Rebecca: What I find interesting about that series is that you draw them in a way that is not necessarily conforming to mainstream, acceptable images of bodies, such as, for example, drawing hairy legs.
One of Sarag's postcards
Sarag: Yes, but I don’t think about it this much. I am not very self-conscious about my body hair. As far as I am concerned, it is all a part of me and I am comfortable with it. I don’t necessarily exhibit or emphasize my hair, but I don’t fight it either.
Mawn: What I find interesting about the work that Sarag has done (postcards and paintings) is the fact that it clearly comes from a place of desire. But at the same time, they are not mystifying anything – they are not pornographic either. The choice of details like body hair, or the fact that they are completely naked makes them differently erotic. They trigger desire in a different way. When you see them, you don’t find yourself wondering what is concealed for instance, but it triggers questions because they are taken out of context. They are separate body parts.

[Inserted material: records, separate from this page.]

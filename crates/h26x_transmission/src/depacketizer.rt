//! A depacketizer of any codec, or a caller's own.

ghost use Rattle.std.specs.Prelude.{◌≡◌, [], ◌∷◌, true, Some, OnOk, OnErr, IsOk};
ghost use Rattle.h26x_core.specs.Front.{IsFrontOf};
ghost use Rattle.h26x_core.specs.Hint.{size_hint};
ghost use Rattle.h26x_model.specs.Receive.DepacketizerState.{after_packets, IsPacketOutcome, depacketizer_meaning};
ghost use Rattle.h264_payload.specs.declared.codec.H264.{H264};
ghost use Rattle.h264_payload.specs.H264.{h264};
ghost use Rattle.h265_payload.specs.Setting as h265_setting;
ghost use Rattle.h265_payload.specs.Shown.{shown};
ghost use Rattle.h26x_depacketizer.specs.DepacketizerView.{depacketizer_state};
ghost use Rattle.h266_payload.specs.declared.codec.H266.{H266};
ghost use Rattle.h266_payload.specs.Setting as h266_setting;
ghost use Rattle.h26x_codec.specs.Codec.{default_format, fresh_depacketizer_state, may_begin_h265, may_begin_h266, is_last_h265, is_last_h266, is_startless_h264, is_startless_h266};
ghost use Rattle.h26x_transmission.specs.CodecStates.{codec_depacketizer_state, depacketizer_codec, codec_depacketization, shown_payload, payload_at_first, without_run, OfDepacketizer, OfDepacketization, OfH264, OfH265, OfH266};
ghost use Rattle.h26x_transmission.specs.declared.depacketizer.CodecDepacketizer.TheVariants as d;
ghost use Rattle.h26x_core.specs.H264AccessUnit.{may_begin_h264};

use h26x_codec::Codec;
use h26x_core::{CodecExtra, Depacketizer, PacketError};
use h264_payload::H264Depacketizer;
use h265_payload::H265Depacketizer;
use h266_payload::H266Depacketizer;
use std::alloc::Global;
use std::fmt;

/// A depacketizer of one of the codecs (RFC 6184, RFC 7798, RFC 9328), or a caller's own in a box.
///
/// Every call goes to the depacketizer that it holds.
///
/// ```rust
/// let mut depacketizer = CodecDepacketizer::new(alloc, Codec::H266);
/// let mut extra = CodecExtra::None;
/// for packet in &packets {
///     depacketizer.depacketize(packet, &mut out, &mut extra)?;
/// }
/// ```
#[derive(Drop)]
pub enum CodecDepacketizer {
    /// Receives H.264 (RFC 6184).
    H264(H264Depacketizer),
    /// Receives H.265 (RFC 7798).
    H265(H265Depacketizer),
    /// Receives H.266 (RFC 9328).
    H266(H266Depacketizer),
    /// A caller's own depacketizer. Nothing is known of it but the laws of [`Depacketizer`].
    Boxed(Box<dyn Depacketizer>),
}

impl fmt::Debug for CodecDepacketizer {
    /// The depacketizer of a codec behind its codec's name; of one in a box only `Boxed`.
    fn fmt<W: fmt::Write>(&self, f: &mut fmt::Formatter<W>) -> fmt::Result {
        match self {
            CodecDepacketizer::H264(it) => write!(f, "H264({it:?})"),
            CodecDepacketizer::H265(it) => write!(f, "H265({it:?})"),
            CodecDepacketizer::H266(it) => write!(f, "H266({it:?})"),
            CodecDepacketizer::Boxed(_) => write!(f, "Boxed"),
        }
    }
}

impl CodecDepacketizer {
    /// A depacketizer of a codec that reads packets without decoding order numbers, writes start
    /// codes and has no run open; of H.265 it shows the empty single NAL unit packet. Its memory
    /// comes from `alloc`; none is taken here.
    pub fn new(alloc: Global, codec: Codec) -> Self
        ensures codec { depacketizer_codec result ≡ Some codec }
        ensures fresh { codec_depacketizer_state result
            ≡ Some (fresh_depacketizer_state (default_format codec)) }
        ensures shows { shown_payload result ≡ payload_at_first codec }
    {
        match codec {
            Codec::H264 => CodecDepacketizer::H264(H264Depacketizer::new(alloc)),
            Codec::H265 => CodecDepacketizer::H265(H265Depacketizer::new(alloc)),
            Codec::H266 => CodecDepacketizer::H266(H266Depacketizer::new(alloc)),
        }
    }

    /// Gives up the open run of a codec, if there is one, and gives its buffer back, and of H.265 the
    /// memory that is kept for what `payload` will show; one in a box stays as it is. It takes no
    /// memory.
    ///
    /// A run grows by every fragment until one ends it: a caller that will not hold so much calls
    /// this. Fragments that follow without a start are accepted and complete nothing. A run that ends
    /// leaves its buffer for later ones, if that has 2^20 bytes at most.
    pub fn give_up_run(&mut self)
        ensures { self.new ≡ without_run self.old }
    {
        match self {
            CodecDepacketizer::H264(it) => it.give_up_run(),
            CodecDepacketizer::H265(it) => it.give_up_run(),
            CodecDepacketizer::H266(it) => it.give_up_run(),
            CodecDepacketizer::Boxed(_) => {}
        }
    }
}

impl Depacketizer for CodecDepacketizer {
    // What the later answers of the depacketizer that it holds depend on.
    ghost meaning = { elim [
      | d.H264 it ↦ depacketizer_meaning (depacketizer_state h264 it)
      | d.H265 it ↦ depacketizer_meaning (depacketizer_state (h265_setting.setting_format it.codec) it)
      | d.H266 it ↦ depacketizer_meaning (depacketizer_state (h266_setting.setting_format it.codec) it)
      | d.Boxed it ↦ (Depacketizer-box it).Depacketizer.meaning it.value
    ] };

    /// How many bytes the units of packets of this many bytes may take when they are written. Of a
    /// codec: these bytes, four more, and four for each whole 1200 of them; at most `usize::MAX`.
    fn out_size_hint(&self, packets_size: usize) -> Option<usize>
        ensures { OfDepacketizer self.now (λ r. result ≡ Some (size_hint packets_size)) }
    {
        match self {
            CodecDepacketizer::H264(it) => it.out_size_hint(packets_size),
            CodecDepacketizer::H265(it) => it.out_size_hint(packets_size),
            CodecDepacketizer::H266(it) => it.out_size_hint(packets_size),
            CodecDepacketizer::Boxed(it) => it.out_size_hint(packets_size),
        }
    }

    /// Appends the units that `packet` completes to `out`, and tells of them in `codec_extra`, as
    /// the depacketizer that it holds does. One of H.265 then shows the packet.
    ///
    /// A refusal leaves `out`, `codec_extra` and what later answers depend on, and of H.265 what is
    /// shown; the errors are those of the depacketizer that it holds.
    fn depacketize(
        &mut self,
        packet: &[u8],
        out: &mut Vec<u8>,
        codec_extra: &mut CodecExtra,
    ) -> Result<(), PacketError>
        ensures outcome { OfDepacketization self.old out.old.items codec_extra.old
            (λ w. IsPacketOutcome w packet.now result) }
        ensures taken { OfDepacketization self.old out.old.items codec_extra.old
            (λ w. OnOk result (codec_depacketization self.new out.new.items codec_extra.new ≡ Some
            (after_packets w (packet.now ∷ [])))) }
        ensures kept { OfDepacketizer self.old (λ r. OnErr result (self.new ≡ self.old)) }
        ensures codec { depacketizer_codec self.new ≡ depacketizer_codec self.old }
        ensures shows { OfH265 self.old (λ it.
            OnOk result (shown_payload self.new ≡ Some (shown it.codec.has_donl packet.now))) }

        // Such a packet of H.264 or H.266 takes no memory.
        ensures startless_h264 { OfH264 self.old (λ it.
            is_startless_h264 it packet.now ≡ true → IsOk result) }
        ensures startless_h266 { OfH266 self.old (λ it.
            is_startless_h266 it packet.now ≡ true → IsOk result) }

        // A depacketizer in a box too.
        ensures accepted { OnOk result (IsFrontOf out.old.items out.new.items) }
        ensures kept_out { OnErr result (out.new.items ≡ out.old.items) }
        ensures kept_extra { OnErr result (codec_extra.new ≡ codec_extra.old) }
        ensures kept_meaning { OnErr result (⟦<Self as Depacketizer>⟧.meaning self.new
            ≡ ⟦<Self as Depacketizer>⟧.meaning self.old) }
    {
        match self {
            CodecDepacketizer::H264(it) => it.depacketize(packet, out, codec_extra),
            CodecDepacketizer::H265(it) => it.depacketize(packet, out, codec_extra),
            CodecDepacketizer::H266(it) => it.depacketize(packet, out, codec_extra),
            CodecDepacketizer::Boxed(it) => it.depacketize(packet, out, codec_extra),
        }
    }

    /// Whether `packet` may be the first of an access unit, as the depacketizer that it holds says.
    fn is_partition_head(&self, packet: &[u8]) -> bool
        ensures h264 { OfH264 self.now (λ it. result ≡ may_begin_h264 packet.now) }
        ensures h265 { OfH265 self.now (λ it. result ≡ may_begin_h265 packet.now) }
        ensures h266 { OfH266 self.now (λ it. result ≡ may_begin_h266 packet.now) }
    {
        match self {
            CodecDepacketizer::H264(it) => it.is_partition_head(packet),
            CodecDepacketizer::H265(it) => it.is_partition_head(packet),
            CodecDepacketizer::H266(it) => it.is_partition_head(packet),
            CodecDepacketizer::Boxed(it) => it.is_partition_head(packet),
        }
    }

    /// Whether `packet` is the last of an access unit, with the marker bit of its RTP packet given,
    /// as the depacketizer that it holds says.
    fn is_partition_tail(&self, marker: bool, packet: &[u8]) -> bool
        ensures h264 { OfH264 self.now (λ it. result ≡ marker) }
        ensures h265 { OfH265 self.now (λ it. result ≡ is_last_h265 marker packet.now) }
        ensures h266 { OfH266 self.now (λ it. result ≡ is_last_h266 marker packet.now) }
    {
        match self {
            CodecDepacketizer::H264(it) => it.is_partition_tail(marker, packet),
            CodecDepacketizer::H265(it) => it.is_partition_tail(marker, packet),
            CodecDepacketizer::H266(it) => it.is_partition_tail(marker, packet),
            CodecDepacketizer::Boxed(it) => it.is_partition_tail(marker, packet),
        }
    }
}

Sousou: I find this intriguing. I usually perceive the erotic as within the narrative only. I would like to see how it can be done or perceived without the narrative.
Mawn: I’ve been reading about the “image” lately, especially Benjamin’s work. He talks about the “unruly desire” to know what is behind the image. Then, there is the concept of what slips into the image, but you somehow need to look for it. It makes you want to know more, specifically because it is hidden or unpredictable. On the other hand, in your work, Sarag, the process is the opposite: you hide nothing, but the outcome still goes in the same direction.
Sarag: As I said before, it depends on the “phase” I am going through. One particularly long phase had me drawing ksus1 and bzez2 all the time.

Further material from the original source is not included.